> **Provided data**
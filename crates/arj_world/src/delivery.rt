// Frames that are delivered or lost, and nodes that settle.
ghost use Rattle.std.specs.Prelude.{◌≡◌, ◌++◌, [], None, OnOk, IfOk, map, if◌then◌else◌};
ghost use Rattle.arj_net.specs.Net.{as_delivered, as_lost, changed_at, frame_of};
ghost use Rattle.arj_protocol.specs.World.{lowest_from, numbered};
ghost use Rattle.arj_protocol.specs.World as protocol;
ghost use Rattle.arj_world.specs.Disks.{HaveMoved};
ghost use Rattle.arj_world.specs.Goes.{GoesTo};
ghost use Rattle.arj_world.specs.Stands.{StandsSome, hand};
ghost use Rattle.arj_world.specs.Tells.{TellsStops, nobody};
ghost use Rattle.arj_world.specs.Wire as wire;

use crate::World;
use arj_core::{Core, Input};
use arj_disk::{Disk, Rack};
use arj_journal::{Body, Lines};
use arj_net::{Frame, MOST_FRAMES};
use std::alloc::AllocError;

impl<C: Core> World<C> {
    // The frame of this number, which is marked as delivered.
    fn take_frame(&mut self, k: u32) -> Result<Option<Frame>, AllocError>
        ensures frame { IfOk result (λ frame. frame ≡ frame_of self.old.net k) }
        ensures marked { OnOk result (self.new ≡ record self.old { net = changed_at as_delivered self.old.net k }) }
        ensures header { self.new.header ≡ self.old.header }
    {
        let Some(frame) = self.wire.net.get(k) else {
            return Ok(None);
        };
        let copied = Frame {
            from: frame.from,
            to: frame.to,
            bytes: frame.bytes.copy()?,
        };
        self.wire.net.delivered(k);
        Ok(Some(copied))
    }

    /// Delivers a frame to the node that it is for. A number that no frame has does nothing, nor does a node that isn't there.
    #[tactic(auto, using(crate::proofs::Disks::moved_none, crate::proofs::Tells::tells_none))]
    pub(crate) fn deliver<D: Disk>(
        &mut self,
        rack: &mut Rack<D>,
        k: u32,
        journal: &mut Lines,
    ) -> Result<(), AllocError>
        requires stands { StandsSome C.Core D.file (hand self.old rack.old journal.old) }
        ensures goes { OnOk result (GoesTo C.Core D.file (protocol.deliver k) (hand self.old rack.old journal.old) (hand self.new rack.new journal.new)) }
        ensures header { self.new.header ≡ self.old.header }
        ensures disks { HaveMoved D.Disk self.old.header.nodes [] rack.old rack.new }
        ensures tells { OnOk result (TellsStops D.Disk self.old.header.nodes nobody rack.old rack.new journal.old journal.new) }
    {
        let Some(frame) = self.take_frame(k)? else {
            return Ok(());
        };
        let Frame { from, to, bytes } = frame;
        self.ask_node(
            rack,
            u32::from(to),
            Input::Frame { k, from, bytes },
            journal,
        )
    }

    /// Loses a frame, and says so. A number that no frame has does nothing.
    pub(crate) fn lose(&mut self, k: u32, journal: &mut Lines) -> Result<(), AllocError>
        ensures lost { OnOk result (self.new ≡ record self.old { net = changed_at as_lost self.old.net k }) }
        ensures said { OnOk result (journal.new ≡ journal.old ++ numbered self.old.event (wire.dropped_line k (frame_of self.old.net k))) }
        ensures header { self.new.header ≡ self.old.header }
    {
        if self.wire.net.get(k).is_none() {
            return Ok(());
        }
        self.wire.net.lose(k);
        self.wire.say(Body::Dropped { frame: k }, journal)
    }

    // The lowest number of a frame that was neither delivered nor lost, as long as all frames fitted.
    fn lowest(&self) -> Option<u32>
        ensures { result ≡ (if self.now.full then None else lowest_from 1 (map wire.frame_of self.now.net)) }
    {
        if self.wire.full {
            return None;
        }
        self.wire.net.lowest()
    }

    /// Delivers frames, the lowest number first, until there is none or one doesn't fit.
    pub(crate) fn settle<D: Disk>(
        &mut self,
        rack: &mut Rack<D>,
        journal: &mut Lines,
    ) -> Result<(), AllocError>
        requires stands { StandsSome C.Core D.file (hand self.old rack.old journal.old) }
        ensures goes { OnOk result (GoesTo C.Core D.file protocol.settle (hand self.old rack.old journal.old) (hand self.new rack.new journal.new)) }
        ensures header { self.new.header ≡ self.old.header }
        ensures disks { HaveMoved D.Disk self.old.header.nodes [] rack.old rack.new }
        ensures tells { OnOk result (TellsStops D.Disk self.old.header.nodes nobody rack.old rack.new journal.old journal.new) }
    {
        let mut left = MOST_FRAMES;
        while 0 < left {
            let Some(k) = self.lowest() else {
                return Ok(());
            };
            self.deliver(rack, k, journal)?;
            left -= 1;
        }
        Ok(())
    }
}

> **Your goal**
If a line in the records above has the word "Lines", copy it out.

> **Exercise result**
use arj_journal::{Body, Lines};
        journal: &mut Lines,
    pub(crate) fn lose(&mut self, k: u32, journal: &mut Lines) -> Result<(), AllocError>
        journal: &mut Lines,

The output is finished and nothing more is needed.